Note that, for example, `Module 1 Attempts` contains the total number of attempts each student made on the corresponding quiz and `Total Attempts` contains the total number of attempts on all four quizzes.

Write this table to a parquet file that is partitioned by program and course number.

In [1]:
# Your code here

### Task 3 - Summarize attendance and practice quiz attempts

Finally, you need to create a overall summary of the attendance and practice quiz attempts.  This table will have one row per course and include the following summaries.

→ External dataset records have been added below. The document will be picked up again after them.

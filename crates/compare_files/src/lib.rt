//! What the command that compares two networks reads: both networks and the asks over them, or the first refusal.
#![tactic(auto)]

pub mod cause;
pub mod loading;

pub use loading::{Loaded, work_of};
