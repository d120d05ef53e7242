//! Tables that are to be a stable routing, and all by which it is told whether they are.

use net_model::Net;
use route_candidates::Underlay;
use route_record::{Environment, Failures, Tables};

/// The tables of a network, while these links have failed and the external peers announce this; and what is up and how far
/// routers are from one another then.
#[derive(Clone, Copy)]
pub struct Routing<'a> {
    pub net: &'a Net,
    pub failures: &'a Failures,
    pub env: &'a Environment,
    pub tables: &'a Tables,
    pub underlay: &'a Underlay,
}
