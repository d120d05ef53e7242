//! Whether tables are a stable routing.

ghost use Rattle.std.specs.Prelude.{◌≡◌, ◌≢◌, ◌≤◌, ◌<◌, ◌*◌, IfErr, IfOk, MatchOption, length, map};
ghost use Rattle.net_parts.specs.Sessions.{ends_of};
ghost use Rattle.net_parts.specs.Stable.{Stable};
ghost use Rattle.stable_replay.specs.Differences as differences;
ghost use Rattle.route_candidates.specs.Underlays.{IsUnderlay};
ghost use Rattle.stable_replay.specs.declared.differs.Differs.{Differs as Difference};

use crate::differs::{Differs, ReplayNo};
use crate::routing::Routing;
use crate::slots::test_slot;
use mw_text::{Addr, prefix_of};
use net_model::Net;
use route_candidates::underlay_of;
use route_record::{Environment, Failures, LENGTHS, Tables, read_tables};
use std::alloc::{AllocError, Global};

// Tests the slot at a place of the tables.
fn test_place(
    alloc: Global,
    routing: &Routing<'_>,
    d: Addr,
    place: usize,
) -> Result<Option<Differs>, AllocError>
    requires underlay { IsUnderlay routing.now.net.now.files routing.now.failures.now routing.now.underlay.now }
    requires size { length routing.now.tables.now.slots ≡ LENGTHS * length routing.now.net.now.files }
    requires within { place < LENGTHS * length routing.now.net.now.files }
    ensures { IfOk result (λ found. MatchOption found
        (differences.IsStableAt routing.now.net.now.files d routing.now.failures.now routing.now.env.now
        routing.now.tables.now place)
        (differences.IsDifferenceAt routing.now.net.now.files d routing.now.failures.now routing.now.env.now
        routing.now.tables.now place)) }
{
    let routers = routing.net.routers();
    let router = place / LENGTHS;
    let p = prefix_of(d, (place % LENGTHS) as u8);
    let slots = routing.tables.slots.as_slice();
    test_slot(
        alloc,
        routing,
        router as u32,
        &routers[router],
        &p,
        &slots[place],
    )
}

// The first place of the tables that differs.
fn first_over(alloc: Global, routing: &Routing<'_>, d: Addr) -> Result<Option<Differs>, AllocError>
    requires underlay { IsUnderlay routing.now.net.now.files routing.now.failures.now routing.now.underlay.now }
    requires size { length routing.now.tables.now.slots ≡ LENGTHS * length routing.now.net.now.files }
    ensures { IfOk result (λ found. MatchOption found
        (Stable routing.now.net.now.files d routing.now.failures.now routing.now.env.now routing.now.tables.now)
        (differences.IsFirstDifference routing.now.net.now.files d routing.now.failures.now routing.now.env.now
        routing.now.tables.now)) }
{
    read_tables(routing.tables);
    for place in 0..LENGTHS * routing.net.routers().len() {
        if let Some(found) = test_place(alloc, routing, d, place)? {
            return Ok(Some(found));
        }
    }
    Ok(None)
}

// The first place that differs.
fn first_difference(
    alloc: Global,
    net: &Net,
    d: Addr,
    failures: &Failures,
    env: &Environment,
    tables: &Tables,
) -> Result<Option<Differs>, AllocError>
    requires size { length tables.now.slots ≡ LENGTHS * length net.now.files }
    ensures { IfOk result (λ found. MatchOption found
        (Stable net.now.files d failures.now env.now tables.now)
        (differences.IsFirstDifference net.now.files d failures.now env.now tables.now)) }
{
    let underlay = underlay_of(alloc, net, failures)?;
    let routing = Routing {
        net,
        failures,
        env,
        tables,
        underlay: &underlay,
    };
    first_over(alloc, &routing, d)
}

/// Whether the tables are a stable routing of the network for the destination `d`, while these links have failed and the
/// external peers announce this: Ok exactly where they are. Else the first difference, by router, then by prefix length,
/// then by part in the order of OSPF, BGP and table entry; or want of memory. The tables have a slot for each router and
/// each of the 33 prefix lengths.
pub fn check(
    alloc: Global,
    net: &Net,
    d: Addr,
    failures: &Failures,
    env: &Environment,
    tables: &Tables,
) -> Result<(), ReplayNo>
    requires size { length tables.now.slots ≡ LENGTHS * length net.now.files }
    ensures ok { IfOk result (λ _. Stable net.now.files d failures.now env.now tables.now) }
    ensures differs { IfErr result (λ why. why ≢ ReplayNo.Memory → (differs : Difference)
        × (why ≡ ReplayNo.Differs differs)
        × differences.IsFirstDifference net.now.files d failures.now env.now tables.now differs) }
    ensures unstable { IfErr result (λ why. why ≢ ReplayNo.Memory → Stable net.now.files d failures.now env.now tables.now → ⊥) }
{
    match first_difference(alloc, net, d, failures, env, tables) {
        Err(_) => Err(ReplayNo::Memory),
        Ok(None) => Ok(()),
        Ok(Some(differs)) => Err(ReplayNo::Differs(differs)),
    }
}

* `Program` (e.g., `stat`)
* `Course` (e.g., `491`)
* `Section` (e.g., `s1`)
* `Min(Attendance)`
* `Mean(Attendance)`
* `Max(Attendance)`
* `Mean(Module 1 Attempts)`, 
* `Mean(Module 2 Attempts)`, 
* `Mean(Module 3 Attempts)`, 
* `Mean(Module 4 Attempts)`, and 
* `Mean(Total Attempts)`.  

Write this table to a parquet file that is partitioned by program and course number.

In [1]:
# Your code here

## Deliverables

1. You should commit and push your work in this notebook along with each of the files from the last three tasks.  
2. Submit a WORD doc on D2L containing a link to your repository.